I saw it differently in part because I was diagnosed late in life, so I spent nearly thirty-six years dealing with my defective body with no name for what was wrong with it, so I wasn't being told what other people thought about how my condition worked. I was free for thirty-six years to think about my body without a label and without any people or books or articles telling me "THIS is what we think goes on with people with that label."

So when I finally had "a label for my condition better than hypochondriac," I was more resistant than most people with CF to simply believing whatever doctors and medical articles TOLD ME to think about what was going on with my body.

I also was molested as a child and did therapy in my teens and twenties. This was an exercise in becoming skeptical of the things people say and learning to "believe my eyes over my ears."

It armed me, again, to take a critical eye to things I was being TOLD about CF that didn't make sense to me rather than assume "I'm not a doctor. I must not be smart enough to understand it and that must be why it makes no sense."

See also: Too Little Mucus (NSFW).

I'm not necessarily "smarter than you." I just felt free to ACTUALLY put my brain in gear and THINK about things rather than just take the word of people I thought were "smart" and do as I was told out of fear because CF is deadly and not only does that fact psych a lot of people out but when my son with CF lost five pounds after gaining twenty, his CF team was implying they were going to report me to social services for child abuse if he didn't regain the weight.

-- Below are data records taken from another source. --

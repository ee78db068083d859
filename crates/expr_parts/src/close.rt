//! Atomic expressions from their parts, where the bracket that closes them stands behind these.
ghost use Rattle.std.specs.Prelude.{◌≡◌, Some, None, IfOk};
ghost use Rattle.hs_syntax.specs.Reading.{seen, behind, with_sign, is_close_paren, is_close_square};
ghost use Rattle.expr_parts.specs.Expressions as spec;

use crate::tree::{
    comprehension_of, left_section_of, list_of, lone_list_of, range_of, right_section_of, tuple_of,
};
use hs_parts::names::Found;
use hs_syntax::behind::{behind_close_paren, behind_close_square};
use hs_syntax::expr_tree::{AexpTree, ChainTree, ExprTree, QualTree};
use hs_syntax::name_ref::QopTree;
use hs_syntax::token::Token;
use mk_base::place::Pos;
use sqlite_items::{Boxed, Items};
use std::alloc::Global;

/// `( exp {, exp} )`, from the closing parenthesis on.
pub fn tuple<'a>(
    alloc: Global,
    at: Pos,
    parts: Items<ExprTree>,
    tokens: &'a [Token],
) -> Found<'a, Boxed<AexpTree>>
    ensures { IfOk result (λ r. seen r ≡ with_sign (behind is_close_paren tokens.now) (spec.tuple_of at parts)) }
{
    match behind_close_paren(tokens) {
        None => Ok(None),
        Some(rest) => {
            let made = tuple_of(alloc, at, parts)?;
            Ok(Some((made, rest)))
        }
    }
}

/// `[ exp {, exp} ]`, from the closing bracket on.
pub fn list<'a>(
    alloc: Global,
    at: Pos,
    parts: Items<ExprTree>,
    tokens: &'a [Token],
) -> Found<'a, Boxed<AexpTree>>
    ensures { IfOk result (λ r. seen r ≡ with_sign (behind is_close_square tokens.now) (spec.list_of at parts)) }
{
    match behind_close_square(tokens) {
        None => Ok(None),
        Some(rest) => {
            let made = list_of(alloc, at, parts)?;
            Ok(Some((made, rest)))
        }
    }
}

/// `[ exp ]`, from the closing bracket on.
pub fn lone_list<'a>(
    alloc: Global,
    at: Pos,
    part: Boxed<ExprTree>,
    tokens: &'a [Token],
) -> Found<'a, Boxed<AexpTree>>
    ensures { IfOk result (λ r. seen r ≡ spec.lone_list_at at part tokens.now) }
{
    match behind_close_square(tokens) {
        None => Ok(None),
        Some(rest) => {
            let made = lone_list_of(alloc, at, part)?;
            Ok(Some((made, rest)))
        }
    }
}

/// `[ exp | qual {, qual} ]`, from the closing bracket on.
pub fn comprehension<'a>(
    alloc: Global,
    at: Pos,
    body: Boxed<ExprTree>,
    quals: Items<QualTree>,
    tokens: &'a [Token],
) -> Found<'a, Boxed<AexpTree>>
    ensures { IfOk result (λ r. seen r ≡ with_sign (behind is_close_square tokens.now) (spec.comprehension_of at body quals)) }
{
    match behind_close_square(tokens) {
        None => Ok(None),
        Some(rest) => {
            let made = comprehension_of(alloc, at, body, quals)?;
            Ok(Some((made, rest)))
        }
    }
}

/// `[ exp [, exp] .. exp ]`, from the closing bracket on.
pub fn range<'a>(
    alloc: Global,
    at: Pos,
    from: Boxed<ExprTree>,
    then: Option<Boxed<ExprTree>>,
    to: Boxed<ExprTree>,
    tokens: &'a [Token],
) -> Found<'a, Boxed<AexpTree>>
    ensures { IfOk result (λ r. seen r ≡ with_sign (behind is_close_square tokens.now) (spec.range_of at from then (Some to))) }
{
    match behind_close_square(tokens) {
        None => Ok(None),
        Some(rest) => {
            let made = range_of(alloc, at, from, then, Some(to))?;
            Ok(Some((made, rest)))
        }
    }
}

/// `[ exp [, exp] .. ]`, with the tokens behind it.
pub fn open_range<'a>(
    alloc: Global,
    at: Pos,
    from: Boxed<ExprTree>,
    then: Option<Boxed<ExprTree>>,
    rest: &'a [Token],
) -> Found<'a, Boxed<AexpTree>>
    ensures { IfOk result (λ r. seen r ≡ spec.found_range at from then rest.now) }
{
    let made = range_of(alloc, at, from, then, None)?;
    Ok(Some((made, rest)))
}

/// `( chain qop )`, with the tokens behind it.
pub fn left_section<'a>(
    alloc: Global,
    at: Pos,
    chain: Boxed<ChainTree>,
    op: QopTree,
    rest: &'a [Token],
) -> Found<'a, Boxed<AexpTree>>
    ensures { IfOk result (λ r. seen r ≡ spec.found_section at chain op rest.now) }
{
    let made = left_section_of(alloc, at, chain, op)?;
    Ok(Some((made, rest)))
}

/// `( qop chain )`, from the closing parenthesis on.
pub fn right_section<'a>(
    alloc: Global,
    at: Pos,
    op: QopTree,
    chain: Boxed<ChainTree>,
    tokens: &'a [Token],
) -> Found<'a, Boxed<AexpTree>>
    ensures { IfOk result (λ r. seen r ≡ with_sign (behind is_close_paren tokens.now) (spec.right_section_of at op chain)) }
{
    match behind_close_paren(tokens) {
        None => Ok(None),
        Some(rest) => {
            let made = right_section_of(alloc, at, op, chain)?;
            Ok(Some((made, rest)))
        }
    }
}
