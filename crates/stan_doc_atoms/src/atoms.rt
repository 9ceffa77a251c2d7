//! Atoms, in the order in which they are tried.

ghost use Rattle.std.specs.Prelude.{◌≤◌, List, [], ◌∷◌};
ghost use Rattle.stan_model_doc.specs.Rules as rules;
ghost use Rattle.stan_model_doc.specs.Symbols as sorts;
ghost use Rattle.stan_places.specs.Gives.{Gives, at};
ghost use Rattle.stan_doc_trees.specs.Tree.{atom_of};
ghost use Rattle.stan_doc_parts.specs.Gives as spec;
ghost use Rattle.stan_doc_parts.specs.Nests.{Nests};

use crate::fields::Fields;
use crate::lists::{Arguments, ResultType};
use sqlite_items::{Boxed, Items};
use stan_doc_parts::parser::{Parser, Part, with_first};
use stan_doc_parts::places::enter;
use stan_doc_parts::words::{Callables, Greatest, Least, Literals, Members, Names};
use stan_doc_texts::any_at;
use stan_doc_trees::{Atom, Unary, Written};
use stan_model_doc::token::{DocKind, DocToken};
use stan_places::stop::Stop;
use std::alloc::Global;

// A type in brackets.
#[tactic(auto, using(stan_doc_trees::proofs::Layers::layers), unfolding(stan_doc_parts::specs::Gives::whole))]
fn group<
    W: Fn(Global, &[DocToken], usize, usize) -> Result<(Written, usize), Stop>,
    U: Fn(Global, &[DocToken], usize, usize) -> Result<(Unary, usize), Stop>,
>(parser: &Parser<'_, W, U>, levels: usize, place: usize) -> Result<(Atom, usize), Stop>
    requires nests { Nests parser.now.levels (W.pre parser.now.read_written) (W.post parser.now.read_written) (U.pre parser.now.read_unary) (U.post parser.now.read_unary) }
    requires room { levels ≤ parser.now.levels }
    ensures { Gives (at atom_of) result (spec.whole parser.now.tokens.now levels rules.group place) }
{
    let levels = enter(levels)?;
    let to = parser.expect(DocKind::LeftParenthesis, place)?;
    let (written, to) = parser.written(levels, to)?;
    let to = parser.expect(DocKind::RightParenthesis, to)?;
    Ok((Atom::Group(Boxed::new(parser.alloc, written)?), to))
}

// `$this`
#[tactic(auto, using(stan_doc_trees::proofs::Layers::layers), unfolding(stan_doc_parts::specs::Gives::whole))]
fn this<
    W: Fn(Global, &[DocToken], usize, usize) -> Result<(Written, usize), Stop>,
    U: Fn(Global, &[DocToken], usize, usize) -> Result<(Unary, usize), Stop>,
>(parser: &Parser<'_, W, U>, levels: usize, place: usize) -> Result<(Atom, usize), Stop>
    requires nests { Nests parser.now.levels (W.pre parser.now.read_written) (W.post parser.now.read_written) (U.pre parser.now.read_unary) (U.post parser.now.read_unary) }
    requires room { levels ≤ parser.now.levels }
    ensures { Gives (at atom_of) result (spec.whole parser.now.tokens.now levels rules.this place) }
{
    enter(levels)?;
    let to = parser.expect(DocKind::This, place)?;
    Ok((Atom::This, to))
}

// An integer, a float or a quoted text.
#[tactic(auto, using(stan_doc_trees::proofs::Layers::layers), unfolding(stan_doc_parts::specs::Gives::whole))]
fn literal<
    W: Fn(Global, &[DocToken], usize, usize) -> Result<(Written, usize), Stop>,
    U: Fn(Global, &[DocToken], usize, usize) -> Result<(Unary, usize), Stop>,
>(parser: &Parser<'_, W, U>, levels: usize, place: usize) -> Result<(Atom, usize), Stop>
    requires nests { Nests parser.now.levels (W.pre parser.now.read_written) (W.post parser.now.read_written) (U.pre parser.now.read_unary) (U.post parser.now.read_unary) }
    requires room { levels ≤ parser.now.levels }
    ensures { Gives (at atom_of) result (spec.whole parser.now.tokens.now levels rules.literal place) }
{
    enter(levels)?;
    let (token, to) = parser.word::<Literals>(place)?;
    Ok((Atom::Literal(token), to))
}

// `array{..}`
#[tactic(auto, using(stan_doc_trees::proofs::Layers::layers), unfolding(stan_doc_parts::specs::Gives::whole))]
fn shape<
    W: Fn(Global, &[DocToken], usize, usize) -> Result<(Written, usize), Stop>,
    U: Fn(Global, &[DocToken], usize, usize) -> Result<(Unary, usize), Stop>,
>(parser: &Parser<'_, W, U>, levels: usize, place: usize) -> Result<(Atom, usize), Stop>
    requires nests { Nests parser.now.levels (W.pre parser.now.read_written) (W.post parser.now.read_written) (U.pre parser.now.read_unary) (U.post parser.now.read_unary) }
    requires room { levels ≤ parser.now.levels }
    ensures { Gives (at atom_of) result (spec.whole parser.now.tokens.now levels rules.shape place) }
{
    let levels = enter(levels)?;
    let to = parser.expect(DocKind::Array, place)?;
    let to = parser.expect(DocKind::LeftBrace, to)?;
    let (fields, to) = parser.maybe::<Fields>(levels, to)?;
    let to = parser.expect(DocKind::RightBrace, to)?;
    match fields {
        None => {
            let fields = Items::new(parser.alloc);
            Ok((
                Atom::Shape {
                    fields,
                    comma: false,
                },
                to,
            ))
        }
        Some((first, more, comma)) => {
            let fields = with_first(parser.alloc, first, more)?;
            Ok((Atom::Shape { fields, comma }, to))
        }
    }
}

// `int<least, greatest>`
#[tactic(auto, using(stan_doc_trees::proofs::Layers::layers), unfolding(stan_doc_parts::specs::Gives::whole))]
fn range<
    W: Fn(Global, &[DocToken], usize, usize) -> Result<(Written, usize), Stop>,
    U: Fn(Global, &[DocToken], usize, usize) -> Result<(Unary, usize), Stop>,
>(parser: &Parser<'_, W, U>, levels: usize, place: usize) -> Result<(Atom, usize), Stop>
    requires nests { Nests parser.now.levels (W.pre parser.now.read_written) (W.post parser.now.read_written) (U.pre parser.now.read_unary) (U.post parser.now.read_unary) }
    requires room { levels ≤ parser.now.levels }
    ensures { Gives (at atom_of) result (spec.whole parser.now.tokens.now levels rules.range place) }
{
    enter(levels)?;
    let to = parser.expect(DocKind::Int, place)?;
    let to = parser.expect(DocKind::Below, to)?;
    let (least, to) = parser.word::<Least>(to)?;
    let to = parser.expect(DocKind::Comma, to)?;
    let (greatest, to) = parser.word::<Greatest>(to)?;
    let to = parser.expect(DocKind::Above, to)?;
    Ok((Atom::Range { least, greatest }, to))
}

// `callable(..)` or `Closure(..)`, with what stands behind a `:`.
#[tactic(auto, using(stan_doc_trees::proofs::Layers::layers), unfolding(stan_doc_parts::specs::Gives::whole))]
fn callable<
    W: Fn(Global, &[DocToken], usize, usize) -> Result<(Written, usize), Stop>,
    U: Fn(Global, &[DocToken], usize, usize) -> Result<(Unary, usize), Stop>,
>(parser: &Parser<'_, W, U>, levels: usize, place: usize) -> Result<(Atom, usize), Stop>
    requires nests { Nests parser.now.levels (W.pre parser.now.read_written) (W.post parser.now.read_written) (U.pre parser.now.read_unary) (U.post parser.now.read_unary) }
    requires room { levels ≤ parser.now.levels }
    ensures { Gives (at atom_of) result (spec.whole parser.now.tokens.now levels rules.callable_type place) }
{
    let levels = enter(levels)?;
    let (name, to) = parser.word::<Callables>(place)?;
    let from = parser.expect(DocKind::LeftParenthesis, to)?;
    let parameters = any_at(parser.alloc, parser.tokens, from)?;
    let to = parser.expect(DocKind::RightParenthesis, from + parameters)?;
    let (result, to) = parser.maybe::<ResultType>(levels, to)?;
    let result = match result {
        None => None,
        Some(unary) => Some(Boxed::new(parser.alloc, unary)?),
    };
    Ok((
        Atom::Callable {
            name,
            parameters,
            result,
        },
        to,
    ))
}

// `class::constant`
#[tactic(auto, using(stan_doc_trees::proofs::Layers::layers), unfolding(stan_doc_parts::specs::Gives::whole))]
fn member<
    W: Fn(Global, &[DocToken], usize, usize) -> Result<(Written, usize), Stop>,
    U: Fn(Global, &[DocToken], usize, usize) -> Result<(Unary, usize), Stop>,
>(parser: &Parser<'_, W, U>, levels: usize, place: usize) -> Result<(Atom, usize), Stop>
    requires nests { Nests parser.now.levels (W.pre parser.now.read_written) (W.post parser.now.read_written) (U.pre parser.now.read_unary) (U.post parser.now.read_unary) }
    requires room { levels ≤ parser.now.levels }
    ensures { Gives (at atom_of) result (spec.whole parser.now.tokens.now levels rules.member place) }
{
    enter(levels)?;
    let (class, to) = parser.word::<Names>(place)?;
    let to = parser.expect(DocKind::DoubleColon, to)?;
    let (constant, to) = parser.word::<Members>(to)?;
    Ok((Atom::Member { class, constant }, to))
}

// A name, with what stands between `<` and `>`.
#[tactic(auto, using(stan_doc_trees::proofs::Layers::layers), unfolding(stan_doc_parts::specs::Gives::whole))]
fn name<
    W: Fn(Global, &[DocToken], usize, usize) -> Result<(Written, usize), Stop>,
    U: Fn(Global, &[DocToken], usize, usize) -> Result<(Unary, usize), Stop>,
>(parser: &Parser<'_, W, U>, levels: usize, place: usize) -> Result<(Atom, usize), Stop>
    requires nests { Nests parser.now.levels (W.pre parser.now.read_written) (W.post parser.now.read_written) (U.pre parser.now.read_unary) (U.post parser.now.read_unary) }
    requires room { levels ≤ parser.now.levels }
    ensures { Gives (at atom_of) result (spec.whole parser.now.tokens.now levels rules.name place) }
{
    let levels = enter(levels)?;
    let (name, to) = parser.word::<Names>(place)?;
    let (arguments, to) = parser.maybe::<Arguments>(levels, to)?;
    let arguments = match arguments {
        None => Items::new(parser.alloc),
        Some((first, more)) => with_first(parser.alloc, first, more)?,
    };
    Ok((Atom::Name { name, arguments }, to))
}

// What begins with a name.
#[tactic(auto)]
fn named<
    W: Fn(Global, &[DocToken], usize, usize) -> Result<(Written, usize), Stop>,
    U: Fn(Global, &[DocToken], usize, usize) -> Result<(Unary, usize), Stop>,
>(parser: &Parser<'_, W, U>, levels: usize, place: usize) -> Result<(Atom, usize), Stop>
    requires nests { Nests parser.now.levels (W.pre parser.now.read_written) (W.post parser.now.read_written) (U.pre parser.now.read_unary) (U.post parser.now.read_unary) }
    requires room { levels ≤ parser.now.levels }
    ensures { Gives (at atom_of) result (spec.wholes parser.now.tokens.now levels (rules.range ∷ rules.callable_type ∷ rules.member ∷ rules.name ∷ []) place) }
{
    match range(parser, levels, place) {
        Ok(found) => return Ok(found),
        Err(Stop::Memory) => return Err(Stop::Memory),
        Err(Stop::Absent) => {}
    }
    match callable(parser, levels, place) {
        Ok(found) => return Ok(found),
        Err(Stop::Memory) => return Err(Stop::Memory),
        Err(Stop::Absent) => {}
    }
    match member(parser, levels, place) {
        Ok(found) => return Ok(found),
        Err(Stop::Memory) => return Err(Stop::Memory),
        Err(Stop::Absent) => {}
    }
    name(parser, levels, place)
}

/// An atom.
pub struct AtomPart;

impl Part for AtomPart {
    type Tree = Atom;

    ghost sort = { sorts.Atom };

    ghost view = { atom_of };

    #[tactic(auto, using(stan_doc_parts::proofs::Productions::part_first))]
    fn read<
        W: Fn(Global, &[DocToken], usize, usize) -> Result<(Written, usize), Stop>,
        U: Fn(Global, &[DocToken], usize, usize) -> Result<(Unary, usize), Stop>,
    >(parser: &Parser<'_, W, U>, levels: usize, place: usize) -> Result<(Atom, usize), Stop> {
        match group(parser, levels, place) {
            Ok(found) => return Ok(found),
            Err(Stop::Memory) => return Err(Stop::Memory),
            Err(Stop::Absent) => {}
        }
        match this(parser, levels, place) {
            Ok(found) => return Ok(found),
            Err(Stop::Memory) => return Err(Stop::Memory),
            Err(Stop::Absent) => {}
        }
        match literal(parser, levels, place) {
            Ok(found) => return Ok(found),
            Err(Stop::Memory) => return Err(Stop::Memory),
            Err(Stop::Absent) => {}
        }
        match shape(parser, levels, place) {
            Ok(found) => return Ok(found),
            Err(Stop::Memory) => return Err(Stop::Memory),
            Err(Stop::Absent) => {}
        }
        named(parser, levels, place)
    }
}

I put a big bowl of chocolates and other CRAP on the coffee table, encouraged him to eat and when he gained back 2.5 pounds, they said "Good enough," didn't schedule another appointment and quit acting like the Gestapo trying to find an excuse to send me off to a concentration camp.

We got home, he picked up the bowl, handed it to me and said "We are NEVER doing this again. I feel AWFUL." And we went back to doing the stuff I write about here that was working for him, which unfortunately apparently isn't a LEGAL defense or some shit.

My son was fourteen when he was diagnosed. It wasn't long before he was a legal adult and entitled to say in his own name "They can take this crap and shove it. I ain't doing this no more."

If you have a child with CF, odds are good you never felt free to question medical authority for fear of being accused by a medical professional of medically abusing your child.

I'm sorry the medical system is SUCH SHIT. Please don't take your anger out on me over it.